Assignment | After locating "result (λ ms." in the listing below, copy that line and each one after it exactly, ending with the line that has "and byte grammars.".

Input records |
·····
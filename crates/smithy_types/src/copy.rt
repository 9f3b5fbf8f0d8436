// Equal documents.
ghost use Rattle.std.specs.Prelude.{◌≡◌, IfOk};
ghost use Rattle.smithy_types.specs.views.DocumentView.{view, items_view, members_view};

use crate::document::{Document, Documents, Members};
use crate::error::OutOfMemory;
use crate::text::Text;
use std::alloc::Global;

impl Document {
    /// An equal document. Takes memory.
    #[cycle(copied)]
    pub fn copy(&self, alloc: Global) -> Result<Document, OutOfMemory>
        ensures { IfOk result (λ d. view d ≡ view self.now) }
    {
        Ok(match self {
            Document::String(text) => Document::String(Text::from_str(alloc, text.as_str())?),
            Document::Array(items) => Document::Array(items.copy(alloc)?),
            Document::Object(members) => Document::Object(members.copy(alloc)?),
            Document::Number(number) => Document::Number(*number),
            Document::Bool(truth) => Document::Bool(*truth),
            Document::Null => Document::Null,
        })
    }
}

impl Documents {
    #[cycle(copied)]
    fn copy(&self, alloc: Global) -> Result<Documents, OutOfMemory>
        ensures { IfOk result (λ ds. items_view ds ≡ items_view self.now) }
    {
        let mut items = Vec::with_capacity(alloc, self.len())?;
        for item in &self.items {
            items.push(item.copy(alloc)?)?;
        }
        Ok(Documents { items })
    }
}

impl Members {
    #[cycle(copied)]
    fn copy(&self, alloc: Global) -> Result<Members, OutOfMemory>
        ensures { IfOk result (λ ms. members_view ms ≡ members_view self.now) }
    {
        let mut found = Members::new(alloc);
        for (name, value) in self.entries.iter() {
            found.insert(Text::from_str(alloc, name.as_str())?, value.copy(alloc)?)?;
        }
        Ok(found)
    }
}
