// Texts, documents, big numbers, points in time, and byte grammars.
#![tactic(auto)]

mod big_number;
mod blob;
mod calendar;
mod canonical;
mod copy;
mod date_reader;
mod date_text;
mod date_time;
mod discriminated;
mod document;
mod error;
mod grammar;
pub mod laws;
mod lists;
mod maps;
mod number;
mod number_text;
mod settings;
mod text;

pub use big_number::{BigDecimal, BigInteger};
pub use blob::Blob;
pub use date_time::{DateTime, Format};
pub use discriminated::DiscriminatedDocument;
pub use document::{Document, Documents, MemberPairs, Members};
pub use error::{DocumentError, OutOfMemory, TypesError};
pub use grammar::{
    MAX_TARGET_LEN, before_query, behind_scheme, is_header_value, is_token, legal_target,
};
pub use lists::{Blobs, Integers, Items, Longs, Words};
pub use maps::{TextMap, TextPairs};
pub use number::Number;
pub use settings::{DocumentSettings, NoSettings};
pub use text::Text;
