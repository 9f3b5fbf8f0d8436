// The byte grammars of header names, header values and request targets.
ghost use Rattle.std.specs.Prelude.{◌≡◌, ◌≤◌, ◌+◌, ◌==◌, drop, length, position};
ghost use Rattle.std.specs.List.{list_all, before_first, after_first, position_or_len};
ghost use Rattle.smithy_types.specs.views.ByteClasses.{bytes_of, flag_of};
ghost use Rattle.smithy_types.specs.Grammars.{is_token, is_header_value, is_path, before_query, scheme_len, is_authority_and_path, is_stem, is_target, is_legal_target};

/// The most bytes that a request target may have.
pub const MAX_TARGET_LEN: usize = 65_534;

// What a byte may be part of.
#[derive(Clone, Copy)]
enum ByteClass {
    Token,
    HeaderValue,
    Path,
    Query,
}

/// Whether the text is a token (RFC 7230, section 3.2.6), as header names and methods are: not empty, and of ASCII letters, digits
/// and ``!#$%&'*+-.^_`|~`` only. Takes no memory.
pub fn is_token(text: &str) -> bool
    ensures { result ≡ is_token text.now }
{
    !text.is_empty() && are_all(ByteClass::Token, text.as_bytes())
}

/// Whether the bytes may stand as a header's value (RFC 7230, section 3.2): tabs, 0x20 to 0x7E and 0x80 to 0xFF, in any number.
/// Takes no memory.
pub fn is_header_value(bytes: &[u8]) -> bool
    ensures { result ≡ is_header_value bytes.now }
{
    are_all(ByteClass::HeaderValue, bytes)
}

/// Whether the text is a legal request target (RFC 7230, section 5.3, origin form or absolute form): at most `MAX_TARGET_LEN`
/// bytes, `/` and path bytes, or `http://` or `https://`, an authority that isn't empty, and nothing or `/` and path bytes; then
/// optionally `?` and query bytes. Takes no memory.
pub fn legal_target(text: &str) -> bool
    ensures { result ≡ is_legal_target text.now }
{
    text.len() <= MAX_TARGET_LEN && is_target(text.as_bytes())
}

impl ByteClass {
    // The flag of the class in the table.
    fn flag(self) -> u8
        ensures { result ≡ flag_of self }
    {
        match self {
            ByteClass::Token => 1,
            ByteClass::HeaderValue => 2,
            ByteClass::Path => 4,
            ByteClass::Query => 8,
        }
    }
}

// For each byte a letter, whose low four bits are the flags of the classes that it is in.
static CLASSES: [u8; 256] = *b"\
    @@@@@@@@@B@@@@@@@@@@@@@@@@@@@@@@\
    BONCOOOONNOONOONOOOOOOOOOONNBNBJ\
    NOOOOOOOOOOOOOOOOOOOOOOOOOONNNOO\
    KOOOOOOOOOOOOOOOOOOOOOOOOOONONO@\
    BBBBBBBBBBBBBBBBBBBBBBBBBBBBBBBB\
    BBBBBBBBBBBBBBBBBBBBBBBBBBBBBBBB\
    BBBBBBBBBBBBBBBBBBBBBBBBBBBBBBBB\
    BBBBBBBBBBBBBBBBBBBBBBBBBBBBBBBB";

fn is_in(class: ByteClass, b: u8) -> bool
    ensures { result ≡ bytes_of class b }
{
    CLASSES[usize::from(b)] & class.flag() != 0
}

fn are_all(class: ByteClass, bytes: &[u8]) -> bool
    ensures { result ≡ list_all (bytes_of class) bytes.now }
{
    for b in bytes {
        if !is_in(class, *b) {
            return false;
        }
    }
    true
}

fn is_target(target: &[u8]) -> bool
    ensures { result ≡ is_target target.now }
{
    is_stem(before(target, b'?')) && are_all(ByteClass::Query, after(target, b'?'))
}

fn is_stem(stem: &[u8]) -> bool
    ensures { result ≡ is_stem stem.now }
{
    if is_path(stem) {
        return true;
    }
    let rest = behind_scheme(stem);
    rest.len() < stem.len() && is_authority_and_path(rest)
}

fn is_path(text: &[u8]) -> bool
    ensures { result ≡ is_path text.now }
{
    text.starts_with(b"/") && are_all(ByteClass::Path, text)
}

fn is_authority_and_path(text: &[u8]) -> bool
    ensures { result ≡ is_authority_and_path text.now }
{
    let authority = before(text, b'/');
    !authority.is_empty() && are_all(ByteClass::Path, text)
}

/// What stands before the first `?` of a target, or all where there is none. Takes no memory.
pub fn before_query(target: &str) -> &str
    ensures { result.now ≡ before_query target.now }
{
    match target.split_once('?') {
        Some((stem, _)) => stem,
        None => target,
    }
}

/// What stands behind `http://` or `https://`, or all where neither stands first. Takes no memory.
pub fn behind_scheme<'t>(stem: &'t [u8]) -> &'t [u8]
    ensures rest { result.now ≡ drop (scheme_len stem.now) stem.now }
    ensures shorter { length result.now + scheme_len stem.now ≡ length stem.now }
{
    if let Some(rest) = stem.strip_prefix(b"http://") {
        return rest;
    }
    if let Some(rest) = stem.strip_prefix(b"https://") {
        return rest;
    }
    stem
}

// What stands before the first such byte, or all where there is none.
pub(crate) fn before(bytes: &[u8], at: u8) -> &[u8]
    ensures { result.now ≡ before_first (λ b. b == at) bytes.now }
{
    let end = place_or_len(bytes, at);
    &bytes[..end]
}

// What stands after the first such byte, or nothing where there is none.
pub(crate) fn after(bytes: &[u8], at: u8) -> &[u8]
    ensures { result.now ≡ after_first (λ b. b == at) bytes.now }
{
    let end = place_or_len(bytes, at);
    if end == bytes.len() {
        return &[];
    }
    &bytes[end + 1..]
}

fn place_or_len(bytes: &[u8], at: u8) -> usize
    ensures value { result ≡ position_or_len (λ b. b == at) bytes.now }
    ensures within { result ≤ length bytes.now }
{
    match first_place(bytes, at) {
        Some(place) => place,
        None => bytes.len(),
    }
}

fn first_place(bytes: &[u8], at: u8) -> Option<usize>
    ensures { result ≡ position (λ b. b == at) bytes.now }
{
    bytes.iter().position(|b| *b == at)
}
·····
Response to this exercise |
        ensures { IfOk result (λ ms. members_view ms ≡ members_view self.now) }
    {
        let mut found = Members::new(alloc);
        for (name, value) in self.entries.iter() {
            found.insert(Text::from_str(alloc, name.as_str())?, value.copy(alloc)?)?;
        }
        Ok(found)
    }
}
// Texts, documents, big numbers, points in time, and byte grammars.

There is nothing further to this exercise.